A Strategy for Integrative Computational Physiology
Hunter et al. (2005): A Strategy for Integrative Computational Physiology
This paper describes a "quantitative modeling framework" being developed "under the auspices of the Physiome and Bioengineering Committee (co-chaired by P. Hunter and A. Popel) of the International Union of Physiological Sciences (IUPS)" that can deal with organ function "through knowledge of molecular and cellular processes within the constraints of structure-function relations at the tissue level".
It follows what other authors have called a "top-down approach":
The challenge is to develop mathematical models of structure-function relations appropriate to each (limited) spatial and temporal domain and then to link the parameters of a model at one scale to a more detailed description of structure and function at the level below.
In the authors' opinion, the concept of a "field" as defined by physicists of the 19th century is essential for this endeavour:
The application of continuum field concepts and constitutive laws, whose parameters are derived from separate, finer-scale models, is the key to linking molecular systems biology (with its characterization of molecular processes and pathways) to larger-scale systems physiology (with its characterization of the integrated function of the body’s organ systems).
The authors also write how this branch of science should be called in their opinion:
The appropriate name for this application of physical and engineering principles to physiology is computational physiology. The term systems biology, currently inappropriately limited to the molecular scale, needs to be associated with all spatial scales.

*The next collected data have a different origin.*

//! Whether records and journals are ones that the checkers of the threads' caches take.
ghost use Rattle.std.specs.Prelude.{◌≡◌, ℕ, ◌<◌, All, Contains, IsTrue, Some, length};
ghost use Rattle.pa_audit_records.specs.ByKeys.{value_at};
ghost use Rattle.pa_slot.specs.declared.word.SlotName.{SlotName as Name};
ghost use Rattle.pa_record.specs.Laws.{leaves_by};
ghost use Rattle.pa_record.specs.Root.{names};
ghost use Rattle.pa_rules.specs.Roots.{journal_at};
ghost use Rattle.pa_audit_records.specs.Keys.{name_key};
ghost use Rattle.pa_audit_holders.specs.Homes.{AreHomedIn, HasOneHome, home_by};
ghost use Rattle.pa_audit_holders.specs.Rows.{IsOfThreads};
ghost use Rattle.pa_test_audit.specs.Versions.{IsActOf, AreActsOf};

use pa_audit_holders::{Home, found_home};
use pa_audit_records::ByKey;
use pa_buckets::{first_class, past_class, slot_size};
use pa_dense::{Act, DenseEntry, DenseJournal};
use pa_record::Numbered;
use pa_rules::Played;
use pa_slot::SlotName;
use pa_trace::Op;

// Whether the records are of 16 threads, four partitions and the version.
pub(crate) fn are_within(version: u32, records: &[Played]) -> bool
    ensures { IsTrue result → All (IsOfThreads version) records.now }
{
    for found in records {
        if !is_within(version, *found) {
            return false;
        }
    }
    true
}

fn is_within(version: u32, found: Played) -> bool
    ensures { IsTrue result → IsOfThreads version found }
{
    match found.op {
        Op::Alloc { partition, .. } => {
            found.thread < 16 && partition < 4 && found.rules.version == version
        }
        _ => found.thread < 16 && found.rules.version == version,
    }
}

// Whether each journal has fewer than 1,000 entries.
pub(crate) fn are_short(roots: &[DenseJournal]) -> bool
    ensures { IsTrue result → (p : ℕ) → length (journal_at roots.now p) < 4294967296 }
{
    for journal in roots {
        if journal.entries().len() >= 1000 {
            return false;
        }
    }
    true
}

// Whether this is the slot's home.
fn is_homed(homes: &ByKey<Home>, home: Home, slot: SlotName) -> bool
    ensures { IsTrue result → value_at homes.now (name_key slot) ≡ Some home }
{
    match found_home(homes, slot) {
        Some(found) => {
            found.partition == home.partition
                && found.bytes == home.bytes
                && is_same_class(found.class, home.class)
        }
        None => false,
    }
}

fn is_same_class(a: Option<u32>, b: Option<u32>) -> bool
    ensures { IsTrue result → a ≡ b }
{
    match (a, b) {
        (Some(a), Some(b)) => a == b,
        (None, None) => true,
        _ => false,
    }
}

fn are_slots_homed(homes: &ByKey<Home>, home: Home, slots: &[Numbered]) -> bool
    ensures { IsTrue result → (s : Name) → Contains (names slots.now) s → value_at homes.now (name_key s) ≡ Some home }
{
    for slot in slots {
        if !is_homed(homes, home, slot.slot) {
            return false;
        }
    }
    true
}

// Whether the home of each slot that the entry handed out is the one that the entry gave it.
fn is_entry_homed(homes: &ByKey<Home>, partition: u32, entry: &DenseEntry) -> bool
    ensures { IsTrue result → (s : Name) → Contains (leaves_by entry.now.act) s
        → value_at homes.now (name_key s) ≡ Some (home_by partition entry.now.act) }
{
    match entry.act() {
        Act::Fill { class, slots, .. } => {
            let home = Home {
                partition,
                class: Some(class.number()),
                bytes: slot_size(class),
            };
            are_slots_homed(homes, home, slots.items())
        }
        Act::Map { slot, len, .. } => {
            let home = Home {
                partition,
                class: None,
                bytes: len,
            };
            is_homed(homes, home, slot)
        }
        _ => true,
    }
}

fn is_journal_homed(
    homes: &ByKey<Home>,
    roots: &[DenseJournal],
    partition: u32,
    journal: &DenseJournal,
) -> bool
    requires journal { journal_at roots.now partition ≡ journal.now }
    ensures { IsTrue result → AreHomedIn (journal_at roots.now) (value_at homes.now) partition }
{
    for entry in journal.entries() {
        if !is_entry_homed(homes, partition, entry) {
            return false;
        }
    }
    true
}

// Whether the class of the slots that the entry handed out is one of the version.
fn is_entry_of(version: u32, partition: u32, entry: &DenseEntry) -> bool
    ensures { IsTrue result → IsActOf version partition entry.now.act }
{
    match entry.act() {
        Act::Fill { class, .. } => {
            first_class(version) <= class.number() && class.number() < past_class(version)
        }
        _ => true,
    }
}

fn is_journal_of(
    version: u32,
    roots: &[DenseJournal],
    partition: u32,
    journal: &DenseJournal,
) -> bool
    requires journal { journal_at roots.now partition ≡ journal.now }
    ensures { IsTrue result → AreActsOf version (journal_at roots.now) partition }
{
    for entry in journal.entries() {
        if !is_entry_of(version, partition, entry) {
            return false;
        }
    }
    true
}

// Whether each slot of the journals has one home, of the version if it has a class.
pub(crate) fn are_homed(version: u32, homes: &ByKey<Home>, roots: &[DenseJournal]) -> bool
    requires { length roots.now < 4294967296 }
    ensures { IsTrue result → (s : Name) → HasOneHome version (journal_at roots.now) s }
{
    let mut partition: u32 = 0;
    for journal in roots {
        if !is_journal_homed(homes, roots, partition, journal) {
            return false;
        }
        if !is_journal_of(version, roots, partition, journal) {
            return false;
        }
        partition += 1;
    }
    true
}
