use pa_audit_report::first_other;
use pa_record::{ReportLine, Tally};

// A line of a heap that has nothing.
fn line_of(phase: u32, partition: u32, slots: u64) -> ReportLine {
    let none = Tally { slots: 0, bytes: 0 };
    let bytes = 0;
    ReportLine {
        phase,
        partition,
        live: Tally { slots, bytes },
        quarantined: none,
        cached: none,
        root: none,
        committed: 0,
        reserved: 0,
        full: 0,
        active: 0,
        empty: 0,
        decommitted: 0,
    }
}

// A line that differs, one that is missing and one too many.
#[test]
fn the_first_other_line(rt: HostRuntime) {
    let due = [line_of(1, 0, 0), line_of(1, 1, 0), line_of(2, 0, 3)];
    let other = [line_of(1, 0, 0), line_of(1, 1, 1), line_of(2, 0, 4)];
    let more = [
        line_of(1, 0, 0),
        line_of(1, 1, 0),
        line_of(2, 0, 3),
        line_of(2, 1, 0),
    ];
    assert!(rt; first_other(&due, &due).is_none());
    assert!(rt; first_other(&other, &due) == Some(1));
    assert!(rt; first_other(&due[..2], &due) == Some(2));
    assert!(rt; first_other(&more, &due) == Some(3));
}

Next, the authors state that computational modeling must be applied "at the scale of whole organs", "at the tissue level" and "even at the protein level".
Good progress is being made on modeling the anatomy and biophysics of the heart, the lungs, the digestive system, and the musculoskeletal system. [...] Linking the organ and organ systems together to yield models that can predict and interpret multiorgan physiological behavior is the focus of systems physiology. [...] The organ-level models [...] are based on finite-element models of the anatomic fields (geometry and tissue structure) encoded in a markup language called FieldML (http://www.physiome.org.nz/fieldml/pages ).
For "modeling cell function", a framework "has been developed over the past five years by the Bioengineering Institute at the University of Auckland". It employs a markup language called CellML. At the URL http://www.cellml.org/examples/repository there are about 300 models in various categories, such as signal transduction or metabolic pathway models.
The next chapter of the paper focuses on models of the heart. The authors explain:
Molecular dynamics (MD) models of the atomic structure of ion channels, pumps, exchangers, etc. are needed that can predict the open-channel permeation of the channels, the voltage dependence of the channel permeability, and the time- and voltage-dependent gating behavior. [...] MD calculations, based on ~100,000 atoms in current models, are very expensive and are typically run for periods of only 10 ns. Sometimes homology modeling is used in combination with MD simulation to generate, test, and refine models of mammalian potassium channels based on bacterial templates. The structures of sodium and calcium channels are also on the horizon, as well as those of key pumps and exchangers.
A major challenge now is to develop coarse-grained models of these ion channels and other proteins with parameters calculated from the MD models. This will allow the models to include transient gating behavior for time intervals up to ~100 ms. [...] One of the challenges now for the Heart Physiome Project is to derive the parameters of the Hodgkin-Huxley or Markov models from the MD models via coarse-grained intermediate models as the molecular structures of these proteins become available.
The next stage of development of cell models will need to take account of the spatial distribution of proteins within a cell and subcellular compartments, where second messengers (Ca2+, IP3, cAMP, etc.) are localized. [...] Developing 3-D models at the cellular level will help to fill the large gap in spatial scales between proteins and intact cells.
Current work is linking myocardial mechanics to the fluid mechanics of blood flow in the ventricles and to the function of the heart valves. Future work will need to include models of the Purkinje network and the autonomic nervous system.
In their conclusions, the authors appear to be very optimistic:
Anatomically and biophysically based models of 4 of the 12 organ systems in the human body are now quite well developed at the organ and tissue levels (the cardiovascular, respiratory, digestive, and musculoskeletal systems). Others (the lymphatic system, the kidney and urinary system, the skin, the female reproductive system, and the special sense organs) are at an early stage of development, and the remainder (the endocrine, male reproductive, and brain and nervous systems) will be addressed over the next few years.
An important goal for the Physiome Project is also to use this modeling framework to help interpret clinical images for diagnostic purposes and to aid in the development of new medical devices. Another goal is to apply the anatomically and physiologically based models to virtual surgery, surgical training, and education. A longer-term goal is to help lower the cost of drug discovery by providing a rational multiscale and multiphysics modeling-based framework for dealing with the enormous complexity of physiological systems in the human body.